**Task**
Go over the data below line by line, and state how many lines contain the string "elements". Give the number only.
╭─ Exercise material
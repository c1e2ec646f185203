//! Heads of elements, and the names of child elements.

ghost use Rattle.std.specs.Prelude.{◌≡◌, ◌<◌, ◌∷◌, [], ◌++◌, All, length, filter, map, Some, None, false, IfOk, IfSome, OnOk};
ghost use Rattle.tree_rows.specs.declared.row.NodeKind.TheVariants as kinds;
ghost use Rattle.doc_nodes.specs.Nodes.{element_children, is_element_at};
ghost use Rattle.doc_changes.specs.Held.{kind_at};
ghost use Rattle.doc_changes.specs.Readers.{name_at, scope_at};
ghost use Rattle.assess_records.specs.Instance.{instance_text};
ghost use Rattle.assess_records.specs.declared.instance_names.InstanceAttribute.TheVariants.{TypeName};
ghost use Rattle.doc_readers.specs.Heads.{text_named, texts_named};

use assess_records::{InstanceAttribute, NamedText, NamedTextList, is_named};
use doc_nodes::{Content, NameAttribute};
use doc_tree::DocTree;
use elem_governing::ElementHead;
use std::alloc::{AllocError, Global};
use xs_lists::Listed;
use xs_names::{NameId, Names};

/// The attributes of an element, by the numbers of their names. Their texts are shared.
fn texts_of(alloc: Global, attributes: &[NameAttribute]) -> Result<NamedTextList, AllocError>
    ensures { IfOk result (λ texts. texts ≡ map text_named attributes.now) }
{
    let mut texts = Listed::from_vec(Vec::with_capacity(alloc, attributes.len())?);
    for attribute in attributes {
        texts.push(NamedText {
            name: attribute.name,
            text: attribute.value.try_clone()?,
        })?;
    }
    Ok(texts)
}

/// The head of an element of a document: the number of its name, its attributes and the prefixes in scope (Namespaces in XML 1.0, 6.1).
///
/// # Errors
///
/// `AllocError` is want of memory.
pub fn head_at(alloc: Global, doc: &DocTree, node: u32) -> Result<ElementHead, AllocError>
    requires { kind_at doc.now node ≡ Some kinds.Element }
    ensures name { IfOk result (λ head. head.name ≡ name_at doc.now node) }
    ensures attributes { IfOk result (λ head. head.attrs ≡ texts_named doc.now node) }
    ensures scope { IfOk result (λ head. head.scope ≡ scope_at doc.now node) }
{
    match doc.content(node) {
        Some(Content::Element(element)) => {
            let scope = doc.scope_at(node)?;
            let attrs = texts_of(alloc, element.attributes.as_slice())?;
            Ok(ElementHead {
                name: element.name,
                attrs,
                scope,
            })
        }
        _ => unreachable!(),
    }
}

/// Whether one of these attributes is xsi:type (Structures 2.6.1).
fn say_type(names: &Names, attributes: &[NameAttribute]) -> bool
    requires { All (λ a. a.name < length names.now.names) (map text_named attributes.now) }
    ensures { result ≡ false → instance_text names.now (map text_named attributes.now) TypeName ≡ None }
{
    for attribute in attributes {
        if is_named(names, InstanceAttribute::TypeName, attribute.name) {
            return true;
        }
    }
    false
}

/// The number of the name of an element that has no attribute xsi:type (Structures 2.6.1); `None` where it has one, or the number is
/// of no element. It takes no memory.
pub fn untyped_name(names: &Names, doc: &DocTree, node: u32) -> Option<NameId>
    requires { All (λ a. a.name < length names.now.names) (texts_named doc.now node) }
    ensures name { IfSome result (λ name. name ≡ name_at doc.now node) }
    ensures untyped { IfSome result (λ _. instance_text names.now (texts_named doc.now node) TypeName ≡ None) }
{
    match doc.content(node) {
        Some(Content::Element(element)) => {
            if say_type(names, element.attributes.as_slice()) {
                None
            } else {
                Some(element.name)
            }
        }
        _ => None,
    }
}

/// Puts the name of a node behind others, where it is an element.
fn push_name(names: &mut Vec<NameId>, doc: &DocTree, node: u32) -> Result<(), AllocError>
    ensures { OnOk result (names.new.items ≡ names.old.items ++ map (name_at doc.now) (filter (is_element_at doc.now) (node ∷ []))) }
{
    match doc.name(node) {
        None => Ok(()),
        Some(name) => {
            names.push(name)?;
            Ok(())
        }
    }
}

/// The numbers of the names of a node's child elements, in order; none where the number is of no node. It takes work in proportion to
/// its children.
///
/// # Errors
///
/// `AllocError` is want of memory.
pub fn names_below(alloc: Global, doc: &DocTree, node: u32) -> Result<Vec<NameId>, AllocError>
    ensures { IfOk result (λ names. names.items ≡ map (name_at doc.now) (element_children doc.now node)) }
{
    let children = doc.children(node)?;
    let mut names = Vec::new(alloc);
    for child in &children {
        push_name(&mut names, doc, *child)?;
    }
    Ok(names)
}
╰─
**Written reply**
2